# cracking in an egg?



## heaven'smom (Jul 7, 2006)

Does anyone crack in a raw egg with their baby's food? I heard the shell is good for calcium too! I got some organic, free range eggs from a family friend who raises a whole bunch of chickens and wanted to try putting one in Heaven's food! Thanks in advance!


----------



## patsan (Mar 2, 2006)

An egg is great for them 2 or 3x a week. I'm not brave enough to throw the shell in though.
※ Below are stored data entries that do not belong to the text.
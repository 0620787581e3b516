//! Solution texts.
ghost use Rattle.std.specs.Prelude.{◌≡◌, ◌⊎◌, IsErrOf};
ghost use Rattle.dmf_text.specs.Solution.{solution_of};
ghost use Rattle.dmf_text.specs.Solution.{solution_out_of_memory};

use crate::fault::{SolutionFault, SolutionFaultKind};
use crate::line::Lines;
use crate::solution_reading::SolutionReading;
use dmf_state::State;
use std::alloc::Global;

/// Reads a solution text for a state's network, in the format of the First DIMACS Implementation Challenge (1990), maximum flow.
/// Ignores the flow of the state.
///
/// Adds up the flows of all lines with the same tail and head, and fills the arcs from this tail to this head with the sum, one after
/// the other. Fails with the first fault of the text, or with [`SolutionFaultKind::NoMemory`] at line 0 if memory is refused.
pub fn read_solution(alloc: Global, text: &[u8], state: &State) -> Result<State, SolutionFault>
    ensures { IsErrOf result solution_out_of_memory ⊎ (result ≡ solution_of state.now text.now) }
{
    let Ok(mut reading) = SolutionReading::new(alloc, state) else {
        return Err(SolutionFault::at(0, SolutionFaultKind::NoMemory));
    };
    let mut last = 0;
    for (number, line) in Lines::new(text) {
        if let Err(kind) = reading.take_line(line) {
            return Err(SolutionFault::at(number, kind));
        }
        last = number;
    }
    match reading.finish(alloc, state) {
        Ok(state) => Ok(state),
        Err(kind) => Err(SolutionFault::at(last + 1, kind)),
    }
}
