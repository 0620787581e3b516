//! The fields of a line.
ghost use Rattle.std.specs.Prelude.{◌≡◌, ◌≤◌, ℕ, List, length};
ghost use Rattle.std.specs.Iterator.{YieldsFirstRef, item_count};
ghost use Rattle.std.specs.List.{prefix_len, position_or_len};
ghost use Rattle.dmf_text.specs.Fields.{fields, is_blank};

use std::marker::Model;

/// An iterator over the fields of a line: its longest runs of bytes other than space and tab. Each is a slice of the line. Takes no
/// memory.
#[derive(Drop)]
pub struct Fields<'a> {
    rest: &'a [u8],
}

impl<'a> Model for Fields<'a> {
    ghost Value = { List (List ℕ) };

    ghost view = { λ s. fields s.rest.now };
}

impl<'a> Fields<'a> {
    /// The fields of this line.
    pub fn new(line: &'a [u8]) -> Fields<'a>
        ensures { result ≡ fields line.now }
    {
        Fields { rest: line }
    }

    /// The fields that are left, as a line.
    pub(crate) fn rest(&self) -> &'a [u8]
        ensures { fields result.now ≡ self.now }
    {
        self.rest
    }
}

impl<'a> Iterator for Fields<'a> {
    type Item = &'a [u8];

    ghost next_gives = { YieldsFirstRef (λ left. left) };

    ghost remaining = { item_count (λ left. left) };

    fn next(&mut self) -> Option<&'a [u8]> {
        let (_, rest) = self.rest.split_at(leading_blanks(self.rest));
        let (field, rest) = rest.split_at(first_blank(rest));
        self.rest = rest;
        if field.is_empty() {
            return None;
        }
        Some(field)
    }
}

pub(crate) fn is_blank(byte: u8) -> bool
    ensures { result ≡ is_blank byte }
{
    byte == b' ' || byte == b'\t'
}

/// The number of blanks at the beginning.
pub(crate) fn leading_blanks(bytes: &[u8]) -> usize
    ensures count { result ≡ prefix_len is_blank bytes.now }
    ensures bound { result ≤ length bytes.now }
{
    for (i, byte) in bytes.iter().enumerate() {
        if !is_blank(*byte) {
            return i;
        }
    }
    bytes.len()
}

// The place of the first blank, or the number of bytes.
fn first_blank(bytes: &[u8]) -> usize
    ensures place { result ≡ position_or_len is_blank bytes.now }
    ensures bound { result ≤ length bytes.now }
{
    for (i, byte) in bytes.iter().enumerate() {
        if is_blank(*byte) {
            return i;
        }
    }
    bytes.len()
}
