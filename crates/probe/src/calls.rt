// The calls that requests name.
ghost use Rattle.std.specs.Prelude.{◌≤◌, length};
ghost use Rattle.probe.specs.Lengths.{WORDS};

use crate::Request;
use crate::answers::{self, Answer, answered};
use crate::kinds::{PoolCall, UnitCall};
use heap::Pool;

// How many roots the table words begin with, one for each identification.
const ROOTS: usize = 64;

// A walk of the table words, which asks for what a walk requires.
fn walk(q: Request, tables: &[u32]) -> Answer {
    let (id, vpn) = (q.first, q.second);
    if ROOTS <= id as usize || entry::PAGES <= vpn || tables.len() < ROOTS {
        return answered(3, 0, 0, 0, q.registers);
    }
    answers::walk_answer(page_table::walk_page(tables, id, vpn), q.registers)
}

// Makes a call of the unit; a look at the table words makes none, and answers how many there are.
pub(crate) fn unit_call(
    q: Request,
    call: UnitCall,
    buffer: &mut [u64],
    tables: &mut [u32],
) -> Answer
    requires { length tables.old ≤ WORDS }
{
    let r = q.registers;
    let (user, write) = (q.second != 0, q.third != 0);
    match call {
        UnitCall::Start => control::start(buffer).into(),
        UnitCall::RawAccess => {
            answers::raw_answer(mmu::raw_access(r, buffer, q.first, user, write, q.fourth))
        }
        UnitCall::RegisterWrite => control::write_register(r, buffer, q.first, q.second).into(),
        UnitCall::RegisterRead => answers::read_answer(control::read_register(r, buffer, q.first)),
        UnitCall::Walk => walk(q, tables),
        UnitCall::ServedAccess => {
            mmu::served_access(r, buffer, tables, q.first, user, write, q.fourth).into()
        }
        UnitCall::TableStore => store::table_store(r, buffer, tables, q.first, q.second).into(),
        UnitCall::GuardedSetting => control::guarded_setting(r, q.first, q.second).into(),
        UnitCall::TableWords => answered(tables.len() as u32, 0, 0, 0, r),
    }
}

// Makes a call on a pool; answers it, and the pool after it.
pub(crate) fn pool_call(
    q: Request,
    call: PoolCall,
    pool: Pool,
    buffer: &mut [u64],
    tables: &mut [u32],
) -> (Answer, Pool) {
    let r = q.registers;
    match call {
        PoolCall::NewPool => answers::pool_answer(heap::new_pool(q.first, q.second), r),
        PoolCall::Take => answers::pool_answer(heap::take(pool), r),
        PoolCall::Give => answers::pool_answer(heap::give(pool, q.first), r),
        PoolCall::Held => answers::held_answer(heap::held(pool), pool, r),
        PoolCall::Map => {
            answers::map_answer(heap::map(r, buffer, tables, pool, q.first, q.second))
        }
        PoolCall::Collect => {
            answers::collect_answer(collector::collect(r, buffer, tables, pool, q.first))
        }
    }
}
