// The kinds of requests, by their numbers in tests/PROTOCOL.md.

// A call of the unit, or a look at the table words that the program keeps.
#[derive(Clone, Copy, PartialEq, Eq)]
pub(crate) enum UnitCall {
    Start,
    RawAccess,
    RegisterWrite,
    RegisterRead,
    Walk,
    ServedAccess,
    TableStore,
    GuardedSetting,
    TableWords,
}

// A call on the pool of frames that the request brings.
#[derive(Clone, Copy, PartialEq, Eq)]
pub(crate) enum PoolCall {
    NewPool,
    Take,
    Give,
    Held,
    Map,
    Collect,
}

#[derive(Clone, Copy, PartialEq, Eq)]
pub(crate) enum Kind {
    Unit(UnitCall),
    Pool(PoolCall),
    Mups16,
}

// A number that is no kind's.
#[derive(Clone, Copy, PartialEq, Eq)]
pub(crate) struct UnknownKind(pub u32);

impl TryFrom<u32> for Kind {
    type Error = UnknownKind;

    fn try_from(number: u32) -> Result<Kind, UnknownKind> {
        match number {
            0 => Ok(Kind::Unit(UnitCall::Start)),
            1 => Ok(Kind::Unit(UnitCall::RawAccess)),
            2 => Ok(Kind::Unit(UnitCall::RegisterWrite)),
            3 => Ok(Kind::Unit(UnitCall::RegisterRead)),
            4 => Ok(Kind::Unit(UnitCall::Walk)),
            5 => Ok(Kind::Unit(UnitCall::ServedAccess)),
            6 => Ok(Kind::Unit(UnitCall::TableStore)),
            7 => Ok(Kind::Unit(UnitCall::GuardedSetting)),
            8 => Ok(Kind::Unit(UnitCall::TableWords)),
            9 => Ok(Kind::Pool(PoolCall::NewPool)),
            10 => Ok(Kind::Pool(PoolCall::Take)),
            11 => Ok(Kind::Pool(PoolCall::Give)),
            12 => Ok(Kind::Pool(PoolCall::Held)),
            13 => Ok(Kind::Pool(PoolCall::Map)),
            14 => Ok(Kind::Pool(PoolCall::Collect)),
            15 => Ok(Kind::Mups16),
            _ => Err(UnknownKind(number)),
        }
    }
}
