// Kind 15: a call of the MUPS/16 unit, whose entries are the table words.
use crate::answers::{Answer, answered};
use crate::{Request, parts};
use mups16::{Refusal, State};
use registers::Registers;
use std::io::{Read, Write};

// The operations, by the numbers of the unit's own paper.
#[derive(Clone, Copy, Debug, PartialEq, Eq)]
pub(crate) enum Operation {
    Map,
    ReadLow,
    ReadHigh,
    FaultAddress,
    SetTableIndex,
    SetEntry,
}

// A number that names no operation.
#[derive(Clone, Copy, Debug, PartialEq, Eq)]
pub(crate) struct UnknownOperation(pub u32);

impl TryFrom<u32> for Operation {
    type Error = UnknownOperation;

    fn try_from(number: u32) -> Result<Self, UnknownOperation> {
        match number {
            0 => Ok(Operation::Map),
            2 => Ok(Operation::ReadLow),
            3 => Ok(Operation::ReadHigh),
            4 => Ok(Operation::FaultAddress),
            5 => Ok(Operation::SetTableIndex),
            6 => Ok(Operation::SetEntry),
            _ => Err(UnknownOperation(number)),
        }
    }
}

// How many virtual addresses there are.
const ADDRESSES: u32 = 1 << 16;

// What a call answers: a value, with a map's faults; or that it is refused.
type Called = Result<(u32, u32), Refusal>;

// The virtual address that a word holds, modulo 65,536.
fn address_of(word: u32) -> u16 {
    (word % ADDRESSES) as u16
}

// Reads a state; none where the input ends before.
pub(crate) fn read_state(input: &mut impl Read) -> Option<State> {
    let [table_index, boot_mode, fault_address] = parts::read_part::<u32, 3>(input)?;
    Some(State {
        table_index,
        boot_mode: boot_mode != 0,
        fault_address: address_of(fault_address),
    })
}

fn write_state(output: &mut impl Write, state: State) {
    let boot_mode = u32::from(state.boot_mode);
    let fault_address = u32::from(state.fault_address);
    parts::write_run(output, &[state.table_index, boot_mode, fault_address]);
}

fn call_answer(called: Called, registers: Registers) -> Answer {
    match called {
        Ok((value, faults)) => answered(0, value, faults, 0, registers),
        Err(refusal) => answered(1, refusal.into(), 0, 0, registers),
    }
}

fn word_answer(word: u16) -> (u32, u32) {
    (u32::from(word), 0)
}

// A map; its mode is user + 2 x write.
fn map(entries: &[u32], state: State, address: u32, mode: u32) -> (Called, State) {
    let reply = mups16::map(
        entries,
        state,
        address_of(address),
        mode % 2 == 1,
        (mode / 2) % 2 == 1,
    );
    let answer = reply.answer.map(|m| (m.address, m.faults()));
    (answer, reply.state)
}

// Makes the call that an operation names: what it answers, and the state after it.
fn call(operation: Operation, q: Request, state: State, entries: &mut [u32]) -> (Called, State) {
    match operation {
        Operation::Map => map(entries, state, q.second, q.fourth),
        Operation::ReadLow => (mups16::read_low(entries, q.second).map(word_answer), state),
        Operation::ReadHigh => (
            mups16::read_high(entries, state, q.second).map(word_answer),
            state,
        ),
        Operation::FaultAddress => (Ok(word_answer(mups16::fault_address(state))), state),
        Operation::SetTableIndex => (Ok((0, 0)), mups16::set_table_index(state, q.second)),
        Operation::SetEntry => (
            mups16::set_entry(entries, q.second, q.third).map(|()| (0, 0)),
            state,
        ),
    }
}

// Makes a request's call over the entries, and writes the answer and the state after it.
pub(crate) fn reply(
    output: &mut impl Write,
    q: Request,
    operation: Operation,
    state: State,
    entries: &mut [u32],
) {
    let (called, after) = call(operation, q, state, entries);
    call_answer(called, q.registers).write(output);
    write_state(output, after);
}
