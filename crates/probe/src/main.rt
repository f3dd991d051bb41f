// Makes the unit's calls one after another, as standard input asks, and writes each answer to standard output: what the
// comparison with the second program drives. tests/PROTOCOL.md gives the bytes of requests and answers.
#![tactic(auto)]

mod answers;
mod calls;
mod kinds;
mod mups16_calls;
mod parts;
mod tables;

use heap::Pool;
use kinds::{Kind, PoolCall, UnitCall};
use mups16::State;
use mups16_calls::Operation;
use registers::Registers;
use std::io::{Read, Write};
use tables::{Count, Tables, WORD_BYTES, WORDS};

// How many slots a request brings at most: more than a buffer has.
const SLOTS: usize = 80;

// A call's kind, its four arguments, how long its runs are, and the registers.
#[derive(Clone, Copy)]
pub(crate) struct Request {
    kind: Kind,
    first: u32,
    second: u32,
    third: u32,
    fourth: u32,
    slots: Count<SLOTS>,
    words: Count<WORDS>,
    registers: Registers,
}

// A call, with what the request brings for it alone: a pool of frames, or the state of the MUPS/16 unit.
#[derive(Clone, Copy)]
enum Call {
    Unit(UnitCall),
    Pool(PoolCall, Pool),
    Mups16(Operation, State),
}

// Reads the head of a request. None where the input ends before, and at a kind that is none.
fn read_request(input: &mut impl Read) -> Option<Request> {
    let [number, first, second, third, fourth, slots, words, _] = parts::read_part::<u32, 8>(
        input,
    )?;
    let fields = parts::read_part::<u32, 11>(input)?;
    Some(Request {
        kind: Kind::try_from(number).ok()?,
        first,
        second,
        third,
        fourth,
        slots: Count::new(slots)?,
        words: Count::new(words)?,
        registers: Registers::from(fields),
    })
}

fn read_pool(input: &mut impl Read) -> Option<Pool> {
    let [first, size] = parts::read_part::<u32, 2>(input)?;
    let bits = parts::read_part::<u64, 64>(input)?;
    Some(Pool { first, size, bits })
}

fn write_pool(output: &mut impl Write, pool: Pool) {
    parts::write_run(output, &[pool.first, pool.size]);
    parts::write_run(output, &pool.bits);
}

// Reads what a request brings for its call alone. None where the input ends before, and at an operation that is none.
fn read_call(input: &mut impl Read, q: Request) -> Option<Call> {
    match q.kind {
        Kind::Unit(call) => Some(Call::Unit(call)),
        Kind::Pool(call) => Some(Call::Pool(call, read_pool(input)?)),
        Kind::Mups16 => {
            let operation = Operation::try_from(q.first).ok()?;
            Some(Call::Mups16(operation, mups16_calls::read_state(input)?))
        }
    }
}

// Makes a request's call, and writes the answer's words, the registers, and the pool or the state after it. The slots are no field beside the
// words: the borrow checker does not cover a call that is lent parts of two fields behind one reference.
fn answer_call(
    output: &mut impl Write,
    q: Request,
    call: Call,
    slots: &mut [u64],
    tables: &mut Tables,
) {
    let n = tables.kept.number;
    let words = &mut tables.words[..n];
    match call {
        Call::Unit(call) => calls::unit_call(q, call, slots, words).write(output),
        Call::Pool(call, pool) => {
            let (answer, after) = calls::pool_call(q, call, pool, slots, words);
            answer.write(output);
            write_pool(output, after);
        }
        Call::Mups16(operation, state) => mups16_calls::reply(output, q, operation, state, words),
    }
}

// Reads a request and replies. None where the input ends before, and at a request that the program doesn't know.
fn step(
    input: &mut impl Read,
    output: &mut impl Write,
    tables: &mut Tables,
    bytes: &mut [u8; WORD_BYTES],
) -> Option<()> {
    let q = read_request(input)?;
    let call = read_call(input, q)?;
    let mut room = [0u64; SLOTS];
    let slots = &mut room[..q.slots.number];
    parts::read_run(input, slots)?;
    tables.read(input, bytes, q.words)?;
    answer_call(output, q, call, slots, tables);
    parts::write_run(output, slots);
    if q.kind == Kind::Unit(UnitCall::TableWords) {
        tables.write(output, bytes);
    }
    Some(())
}

// A proved loop has to end, and nothing says that the input does: so the requests are counted. The room for the words' bytes is made once,
// and not for each request.
fn run(input: &mut impl Read, output: &mut impl Write, tables: &mut Tables) {
    let mut bytes = [0u8; WORD_BYTES];
    for _ in 0..u64::MAX {
        if step(input, output, tables, &mut bytes).is_none() {
            return;
        }
    }
}

fn main(rt: HostRuntime) {
    run(&mut rt.stdin(), &mut rt.stdout(), &mut Tables::new());
}
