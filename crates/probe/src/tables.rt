// The table words that the program keeps, from one request to the next.
ghost use Rattle.std.specs.Prelude.{◌≤◌};

use crate::parts;
use std::io::{Read, Write};

// How many table words a request brings at most, and their bytes.
pub(crate) const WORDS: usize = 16384;

// Room for the bytes of the words, on their way in and out.
pub(crate) const WORD_BYTES: usize = 4 * WORDS;

// A number of which there is room for so many.
#[derive(Clone, Copy)]
pub(crate) struct Count<const ROOM: usize> {
    pub number: usize,
    ghost fits: { number ≤ ROOM },
}

impl<const ROOM: usize> Count<ROOM> {
    // None where there is no room for so many.
    pub(crate) fn new(number: u32) -> Option<Count<ROOM>> {
        let number = number as usize;
        if ROOM < number {
            return None;
        }
        Some(Count { number })
    }
}

// Room for the words, and how many are kept.
#[derive(Drop)]
pub(crate) struct Tables {
    pub words: [u32; WORDS],
    pub kept: Count<WORDS>,
}

impl Tables {
    pub(crate) fn new() -> Tables {
        Tables {
            words: [0; WORDS],
            kept: Count { number: 0 },
        }
    }

    // Reads so many words; where these are none, the ones that are kept stay. None where the input ends before.
    pub(crate) fn read(
        &mut self,
        input: &mut impl Read,
        bytes: &mut [u8; WORD_BYTES],
        count: Count<WORDS>,
    ) -> Option<()> {
        let n = count.number;
        if n != 0 {
            parts::read_by(input, &mut bytes[..4 * n], &mut self.words[..n])?;
            self.kept = count;
        }
        Some(())
    }

    pub(crate) fn write(&self, output: &mut impl Write, bytes: &mut [u8; WORD_BYTES]) {
        let n = self.kept.number;
        parts::write_by(output, &mut bytes[..4 * n], &self.words[..n]);
    }
}
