// What the unit's calls answer, as the words of an answer.
use crate::parts;
use access::Translation;
use collector::Collected;
use heap::{Mapped, Pool, PoolReply};
use mmu::Refused;
use page_table::Walk;
use registers::{Outcome, Registers, Reply};
use std::io::Write;

// The four words of an answer, and the registers.
#[derive(Clone, Copy)]
pub(crate) struct Answer {
    first: u32,
    second: u32,
    third: u32,
    fourth: u32,
    registers: Registers,
}

pub(crate) fn answered(
    first: u32,
    second: u32,
    third: u32,
    fourth: u32,
    registers: Registers,
) -> Answer {
    Answer {
        first,
        second,
        third,
        fourth,
        registers,
    }
}

impl Answer {
    pub(crate) fn write(self, output: &mut impl Write) {
        parts::write_run(output, &[self.first, self.second, self.third, self.fourth]);
        parts::write_run(output, &<[u32; registers::FIELDS]>::from(self.registers));
    }
}

impl From<Reply> for Answer {
    fn from(reply: Reply) -> Answer {
        let (word, value) = match reply.outcome {
            Outcome::At(address) => (0, address),
            Outcome::Fault(value) => (1, value),
            Outcome::Done(value) => (2, value),
            Outcome::Refused(number) => (3, number),
        };
        answered(word, value, reply.loads, 0, reply.registers)
    }
}

// The answer to a read of a register, which has a value or is refused.
pub(crate) fn read_answer(reply: Reply) -> Answer {
    let registers = reply.registers;
    match reply.outcome {
        Outcome::Done(value) => answered(0, value, reply.loads, 0, registers),
        Outcome::Refused(number) => answered(1, number, reply.loads, 0, registers),
        Outcome::At(_) | Outcome::Fault(_) => answered(2, 0, 0, 0, registers),
    }
}

pub(crate) fn raw_answer(reply: Result<Translation, Refused>) -> Answer {
    match reply {
        Ok(t) => {
            let flags = u32::from(t.interrupt) + 2 * u32::from(t.exception);
            let (form, address) = match t.physical {
                Some(address) => (1, address),
                None => (0, 0),
            };
            answered(form, address, flags, t.value, t.registers)
        }
        Err(refused) => answered(2, refused.number, 0, 0, refused.registers),
    }
}

pub(crate) fn walk_answer(found: Walk, registers: Registers) -> Answer {
    match found {
        Walk::Leaf(leaf) => answered(0, leaf.word, leaf.index, u32::from(leaf.global), registers),
        Walk::Absent(stop) => answered(1, 0, stop.level, u32::from(stop.global), registers),
        Walk::Broken(stop) => answered(2, 0, stop.level, u32::from(stop.global), registers),
    }
}

fn outcome_answer(outcome: Outcome, registers: Registers) -> Answer {
    Answer::from(registers::answered(registers, outcome, 0))
}

// The answers to calls on a pool, and the pool after each.
pub(crate) fn pool_answer(reply: PoolReply, registers: Registers) -> (Answer, Pool) {
    (outcome_answer(reply.outcome, registers), reply.pool)
}

pub(crate) fn held_answer(outcome: Outcome, pool: Pool, registers: Registers) -> (Answer, Pool) {
    (outcome_answer(outcome, registers), pool)
}

pub(crate) fn map_answer(mapped: Mapped) -> (Answer, Pool) {
    let answer = Answer {
        fourth: mapped.pfn,
        ..Answer::from(mapped.reply)
    };
    (answer, mapped.pool)
}

pub(crate) fn collect_answer(collected: Collected) -> (Answer, Pool) {
    let answer = Answer {
        fourth: collected.given,
        ..Answer::from(collected.reply)
    };
    (answer, collected.pool)
}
I have to put it through the coffee grinder (which I bought just to ground egg shells) and make it into a powder. I just get so nervous thinking about them choking.
If you don't feel like putting a raw egg in, you can scramble it , hard boil or soft boil it too. But raw should be fine.


----------



## kiki & pippin's mom (Jun 5, 2007)

I love the coffee grinder suggestion...a great use for the ugly one I never threw away...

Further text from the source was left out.